[Input data]

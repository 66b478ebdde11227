//! Laws about the definitions: empty functions whose contracts are the laws.

pub mod batches;
pub mod denials;
pub mod duties;
pub mod months;
pub mod quarters;
pub mod readings;
pub mod register;
pub mod repairs;
pub mod reports;
pub mod shares;
pub mod views;
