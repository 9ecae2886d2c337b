// The commands that the script of what is in force answers.

ghost use Rattle.base_limits.specs.Limits.{most_budget};
ghost use Rattle.job_dialogue.specs.Dialogue.{IsAsked, IsRefusal, IsTakenStatus, behind_line, check_before, front_of, taken, told};
ghost use Rattle.job_dialogue.specs.Spots.{spot_after};
ghost use Rattle.job_dialogue.specs.Views.{held_of, outcome_of};
ghost use Rattle.smt_commands.specs.Least.{place_in};
ghost use Rattle.std.specs.Prelude.{MatchBool, ◌≡◌, ◌≤◌, ◌-◌, IfOk, take};

use crate::dialogue::{Dialogue, Reply, front};
use crate::errors::error_line;
use crate::kinds::Kind;
use crate::levels::or_success;
use crate::spots::{Spot, spot_after};
use base_answers::status::{UNKNOWN, VALID};
use base_watch::Watch;
use job_smt::answer;
use linear_term::Memory;
use smt_commands::{ScriptRefusal, place_in};
use smt_reader::script;
use std::alloc::Global;

/// Asks the script of what is in force and a command of this kind. Where it is refused, the error is told and nothing changes.
pub(crate) fn ask<X: Watch>(
    alloc: Global,
    dialogue: Dialogue,
    kind: Kind,
    body: &[u8],
    budget: u64,
    watch: &mut X,
) -> Result<Reply, Memory>
    requires { budget ≤ most_budget }
    ensures { IfOk result (λ r. IsAsked budget (held_of dialogue) kind body.now (outcome_of r)) }
{
    let mut asked = front_of(alloc, &dialogue, kind)?;
    let before = asked.as_slice().len() as u64;
    asked.extend_from_slice(body)?;
    let output = answer(alloc, asked.as_slice(), budget, watch)?;
    if is_taken(output.status) {
        let text = told(alloc, kind, &dialogue, output.text)?;
        let dialogue = taken(alloc, kind, body, dialogue)?;
        return Ok(Reply { dialogue, text });
    }
    let e = refusal(alloc, asked.as_slice())?;
    let spot = spot_of(dialogue.spot, before, body, e)?;
    let text = error_line(alloc, spot, e)?;
    Ok(Reply { dialogue, text })
}

/// Whether a script with this status is answered to its end.
fn is_taken(status: u8) -> bool
    ensures { MatchBool result (IsTakenStatus status) (¬ (IsTakenStatus status)) }
{
    status == VALID || status == UNKNOWN
}

/// What stands before a command in the script that is asked.
fn front_of(alloc: Global, dialogue: &Dialogue, kind: Kind) -> Result<Vec<u8>, Memory>
    ensures { IfOk result (λ text. text.items ≡ front_of (held_of dialogue.now) kind) }
{
    let mut text = Vec::from_slice(alloc, dialogue.text.as_slice())?;
    text.extend_from_slice(check_before(dialogue, kind))?;
    Ok(text)
}

/// The check that stands before a command which asks for its model.
fn check_before(dialogue: &Dialogue, kind: Kind) -> &[u8]
    ensures { result.now ≡ check_before kind (held_of dialogue.now).checked }
{
    match kind {
        Kind::Shows => match &dialogue.checked {
            Some(check) => check.as_slice(),
            None => &[],
        },
        Kind::Keeps
        | Kind::Asks
        | Kind::Opens(_)
        | Kind::Leaves(_)
        | Kind::Restarts
        | Kind::Ends
        | Kind::Succeeds(_)
        | Kind::Behaves
        | Kind::Says => &[],
    }
}

/// Why a script with these bytes is refused; where it is none of its commands, one of its checks is too large.
fn refusal(alloc: Global, bytes: &[u8]) -> Result<ScriptRefusal, Memory>
    ensures { IfOk result (λ e. IsRefusal bytes.now e) }
{
    match script(alloc, bytes) {
        Ok(_) => Ok(ScriptRefusal::Large),
        Err(e) => {
            if let ScriptRefusal::Memory = e {
                return Err(Memory);
            }
            Ok(e)
        }
    }
}

/// The place of a refusal of a command, before which this many bytes stand in the script, and which begins at this spot.
fn spot_of(spot: Spot, before: u64, body: &[u8], e: ScriptRefusal) -> Result<Spot, Memory>
    ensures { IfOk result (λ found. found ≡ spot_after spot (take (place_in e - before) body.now)) }
{
    let at = place_in(e).saturating_sub(before);
    spot_after(spot, front(body, at))
}

/// What is told of the answer of the script to a command of this kind.
fn told(alloc: Global, kind: Kind, dialogue: &Dialogue, text: Vec<u8>) -> Result<Vec<u8>, Memory>
    ensures { IfOk result (λ answer. answer.items ≡ told kind (held_of dialogue.now) text.items) }
{
    match kind {
        Kind::Asks => Ok(text),
        Kind::Shows => match &dialogue.checked {
            Some(_) => Ok(Vec::from_slice(alloc, behind_line(text.as_slice()))?),
            None => or_success(alloc, dialogue.succeeds, text),
        },
        Kind::Keeps
        | Kind::Opens(_)
        | Kind::Leaves(_)
        | Kind::Restarts
        | Kind::Ends
        | Kind::Succeeds(_)
        | Kind::Behaves
        | Kind::Says => or_success(alloc, dialogue.succeeds, text),
    }
}

/// A text after its first line.
#[tactic(auto, using(crate::proofs::Lines::line_goes_on, crate::proofs::Lines::line_ends, crate::proofs::Lines::line_short))]
fn behind_line(text: &[u8]) -> &[u8]
    ensures { result.now ≡ behind_line text.now }
{
    let mut rest = text;
    while let Some((byte, behind)) = rest.split_first() {
        if *byte == b'\n' {
            return behind;
        }
        rest = behind;
    }
    rest
}

/// What is held after a command of this kind is taken.
fn taken(alloc: Global, kind: Kind, body: &[u8], dialogue: Dialogue) -> Result<Dialogue, Memory>
    ensures { IfOk result (λ d. held_of d ≡ taken kind body.now (held_of dialogue)) }
{
    let mut dialogue = dialogue;
    match kind {
        Kind::Keeps => {
            dialogue.text.extend_from_slice(body)?;
            dialogue.checked = None;
        }
        Kind::Asks => dialogue.checked = Some(Vec::from_slice(alloc, body)?),
        Kind::Shows
        | Kind::Opens(_)
        | Kind::Leaves(_)
        | Kind::Restarts
        | Kind::Ends
        | Kind::Succeeds(_)
        | Kind::Behaves
        | Kind::Says => {}
    }
    Ok(dialogue)
}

[/Input data]

Task to complete:
Check every line of the data, and copy the ones that contain "Says".

Exercise answer:
        | Kind::Says => &[],
        | Kind::Says => or_success(alloc, dialogue.succeeds, text),
        | Kind::Says => {}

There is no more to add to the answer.